# Aquaflora bulbs-Where?



## DonaldmBoyer (Aug 18, 2005)

Hi Everybody!

Does anyone know where I could get some Aquaflora bulbs? I am having a devil of a time finding them; I have discovered plenty of the Middays, which I will also need, but none of the Aquaflora Giesemann's.

Any suggestions?

Thank you!
Don


----------



## jeff5614 (Feb 15, 2006)

I've not been able to locate them through any US dealers. I did find them at a Canadian dealer who's name currently escapes me. The bulb was around $25 with shipping costing about that much also.


----------



## DonaldmBoyer (Aug 18, 2005)

So, that is the price of the bulb and shipping PER BULB!! Or, is it the price of the bulb, and shipping would cover more than one bulb, Jeff?


----------



## jeff5614 (Feb 15, 2006)

Sorry, I guess that was confusing. I only inquired about one bulb and the price of the bulb was approx $25 and shipping for that bulb would be an additional $20 or so. I don't know what it would be for multiple bulbs.

I've read of couple of posts on TPT about the Hagen Power Glo T5. It's an 18.000k bulb, but according to the the people that tried them,
they highlight reds very well and were good for growth. So I'm thinking about picking one up this week and seeing how it does.


----------



## DonaldmBoyer (Aug 18, 2005)

Jeff--

THanks for the info, buddy! If you can remember the name of the Canadian place that carries them, I would sure appreciate it!


----------



## jeff5614 (Feb 15, 2006)

Donald, old buddy  this is your lucky day.

http://www.jlaquatics.com/phpstore/store_pages/category-info.php?category_ID=378


----------



## DonaldmBoyer (Aug 18, 2005)

Jeff--

I meant to say thank you for finding that for me, pal!
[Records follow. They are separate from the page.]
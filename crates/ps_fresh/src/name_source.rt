//! Fresh names.
ghost use Rattle.std.specs.Prelude.{◌≡◌, ◌+◌, ◌<◌, ◌≤◌, ◌^◌, Err, IfNone, IfOk, IfSome, OnErr, OnOk};
ghost use Rattle.ps_frame.specs.Functions.{Functions};
ghost use Rattle.ps_frame.specs.declared.refusal.PolarsError.{PolarsError};
ghost use Rattle.ps_rules.specs.Names.{IsKnown, Knows, after_fresh, fresh_name, fresh_number};
ghost use Rattle.valid_plans.specs.Valid.{IsValidWith, plan_with};
ghost use Rattle.ps_fresh.specs.InPlans.{IsNameUnder};

use crate::names_in_use::numbers_in_use;
use crate::temporary::temporary_name;
use ps_frame::expr::AExpr;
use ps_frame::refusal::{PolarsError, PolarsResult};
use pu_base::{Arena, PlSmallStr};
use std::alloc::Global;
use std::collections::BTreeSet;
use std::marker::Model;
use valid_plans::valid::Valid;

/// The numbers whose names are in use, and the number from which the next fresh one is looked for.
#[derive(Drop)]
pub struct NameSource {
    taken: BTreeSet<u64>,
    next: u64,
}

impl Model for NameSource {
    ghost use Rattle.ps_rules.specs.Names.{Names};

    ghost Value = { Names };

    ghost view = { λ a. record { taken = a.taken.keys; next = a.next } };
}

impl NameSource {
    /// Knows each name under the root of a valid plan.
    ///
    /// Fails only for want of memory.
    pub fn new(alloc: Global, valid: &Valid, exprs: &Arena<AExpr>) -> PolarsResult<NameSource>
        requires { (F : Functions) × IsValidWith F valid.now exprs.now.items }
        ensures names { IfOk result (λ names. (F : Functions) → IsValidWith F valid.now exprs.now.items → Knows names (IsNameUnder F (plan_with valid.now exprs.now.items))) }
        ensures first { IfOk result (λ names. names.next ≡ 0) }
        ensures memory { OnErr result (result ≡ Err PolarsError.OutOfMemory) }
    {
        // The clauses alone read the expressions.
        let _exprs = exprs;
        let taken = numbers_in_use(alloc, valid, valid.order())?;
        Ok(NameSource { taken, next: 0 })
    }

    /// The number from which the next fresh one is looked for; it is one of 64 bits.
    pub fn counter(&self) -> u64
        ensures number { result ≡ self.now.next }
        ensures fits { self.now.next < 2 ^ 64 }
    {
        self.next
    }

    /// The least number from the counter on whose name isn't in use, where the counter can pass it.
    fn free_number(&self) -> Option<u64>
        ensures some { IfSome result (λ k. (k ≡ fresh_number self.now) × (k + 1 < 2 ^ 64)) }
        ensures none { IfNone result (2 ^ 64 ≤ fresh_number self.now + 1) }
    {
        // Short of the greatest number, which the counter can't pass.
        for number in self.next..u64::MAX {
            if !self.taken.contains(&number) {
                return Some(number);
            }
        }
        None
    }
}

/// A name that isn't in use, and is from now on: `__POLARS_STMP_k` for the least k from the counter on whose name isn't in use.
///
/// Takes time for each number in use that is passed over, once in all calls. Fails for want of memory, and where the
/// counter, of 64 bits, is at its end; the names are then as before.
pub fn unique_column_name(alloc: Global, names: &mut NameSource) -> PolarsResult<PlSmallStr>
    ensures name { IfOk result (λ name. name ≡ fresh_name names.old) }
    ensures fresh { IfOk result (λ name. ¬ IsKnown names.old name) }
    ensures known { IfOk result (λ name. IsKnown names.new name) }
    ensures next { OnOk result (names.new ≡ after_fresh names.old) }
    ensures memory { OnErr result (result ≡ Err PolarsError.OutOfMemory) }
    ensures unchanged { OnErr result (names.new ≡ names.old) }
{
    let Some(number) = names.free_number() else {
        return Err(PolarsError::OutOfMemory);
    };
    let name = temporary_name(alloc, number)?;
    names.next = number + 1;
    Ok(name)
}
I was busy flying to Boston, and had a very slow Internet connection yesterday!

So, Jeff: YOU ROCK!!! Thank you very much!!


----------



## Left C (Jun 14, 2005)

I've read that DD Aquariums is the company that buys them from Canada and labels them as their own and they are cheaper than buying them from J&L Aquatics.


----------



## jeff5614 (Feb 15, 2006)

Don, buddy, did you decide to order the Aquaflora bulbs? I'd love to hear a review from someone who has them.


----------



## DonaldmBoyer (Aug 18, 2005)

Hi Jeff!

No, not yet. I will be ordering them shortly. They are for a new 4x4x20"H tank I am having made at the moment. It will be late Summer before it is all set up. I just needed information as to where to order them from is all. 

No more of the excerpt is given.